# Literatus or litteratus



## Ben Jamin

Hello,
I would like to know which of the spellings is correct: _literatus _or _litteratus_?


----------



## Agró

Litteratus.


----------



## Ben Jamin

Thanks!


----------



## Scholiast

salvete!

I am not convinced. L&S declare "*littĕra* (less correctly *lītĕra* ), ae, f. lino, q. v.", and certainly the doubled -tt- seems to have become standard in later Latin, and modern academic, Latin. But if the original root for it is, as they declare, _lino_, we meet a supine stem _lit-_ with a single "t". Moreover, in the time of Cicero and Caesar, there was still no standard grammar of Latin (that had yet to come with Remmius Palaemon in the reign of Tiberius), and no agreement, even among educated men, of the "correct" principles of orthography - indeed, some controversy, between "Atticist" and "Asianist" practitioners of rhetoric.



Σ


----------



## fdb

The currently favoured view is that the derivation of lītera from lino is “morphologically completely unconvincing” (thus de Vaan). Littera is certainly the spelling that you will find in virtually all inscriptions and manuscripts, and similarly (with tt) for its derivatives.


----------



## Scholiast

Cheers fdb

But not at the University of Oxford: "Faculty of Literae Humaniores"!

Σ


----------



## fdb

Scholiast said:


> But not at the University of Oxford: "Faculty of Literae Humaniores"!

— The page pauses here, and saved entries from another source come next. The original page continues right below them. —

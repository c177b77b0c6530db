ghost use Rattle.std.specs.Prelude.{◌≡◌, [], ◌∷◌};
ghost use Rattle.spnego.specs.Reading.{fields_of, sequence_of};
ghost use Rattle.spnego.specs.Views.{fields_read};

use crate::part::{Field, Kind};
use der::{ILLEGAL, only};
use sspi::Fault;

// What the first two of the four fields that end a token hold; the others are octet strings.
#[derive(Clone, Copy)]
pub struct Layout {
    pub first: Kind,
    pub second: Kind,
}

impl Layout {
    pub const INIT: Layout = Layout {
        first: Kind::MechTypes,
        second: Kind::BitString,
    };

    pub const TARG: Layout = Layout {
        first: Kind::Element,
        second: Kind::Oid,
    };

    // The four fields, in their order.
    pub fn fields(self) -> [Field; 4]
        ensures { result
            ≡ record { tag = 0xa0; kind = self.first }
            ∷ record { tag = 0xa1; kind = self.second }
            ∷ record { tag = 0xa2; kind = Kind.OctetString }
            ∷ record { tag = 0xa3; kind = Kind.OctetString }
            ∷ [] }
    {
        [
            Field {
                tag: 0xa0,
                kind: self.first,
            },
            Field {
                tag: 0xa1,
                kind: self.second,
            },
            Field {
                tag: 0xa2,
                kind: Kind::OctetString,
            },
            Field {
                tag: 0xa3,
                kind: Kind::OctetString,
            },
        ]
    }
}

// The parts that the four fields hold.
#[derive(Clone, Copy)]
pub struct TokenFields<'a> {
    pub first: Option<&'a [u8]>,
    pub second: Option<&'a [u8]>,
    pub third: Option<&'a [u8]>,
    pub fourth: Option<&'a [u8]>,
}

// Reads the four fields, in their order, which fill the input.
fn fields(input: &[u8], layout: Layout) -> Result<TokenFields<'_>, Fault>
    ensures { fields_read result ≡ fields_of layout.first layout.second input.now }
{
    let [a, b, c, d] = layout.fields();
    let (first, rest) = a.read(input)?;
    let (second, rest) = b.read(rest)?;
    let (third, rest) = c.read(rest)?;
    let (fourth, rest) = d.read(rest)?;
    if !rest.is_empty() {
        return Err(ILLEGAL);
    }
    Ok(TokenFields {
        first,
        second,
        third,
        fourth,
    })
}

// Reads the sequence of the four fields, which fills the input.
pub(crate) fn sequence(input: &[u8], layout: Layout) -> Result<TokenFields<'_>, Fault>
    ensures { fields_read result ≡ sequence_of layout.first layout.second input.now }
{
    fields(only(input, 0x30)?, layout)
}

Dubious Latinism is not the exclusive privilege of Oxford University. The Royal Asiatic Society of Great Britain and Ireland (of which I have the questionable honour of being a former vice-president) has an official seal calling itself Soc. Reg. As. Britt. (sic, with tt).


Royal Asiatic Society – A forum for those who are interested in the history, languages, cultures and regions of Asia


----------



## Scholiast

salvete iterum!



fdb said:


> Soc. Reg. As. Britt. (sic, with tt).



This duplication probably signifies that the abbreviation stands for a plural.

Σ


----------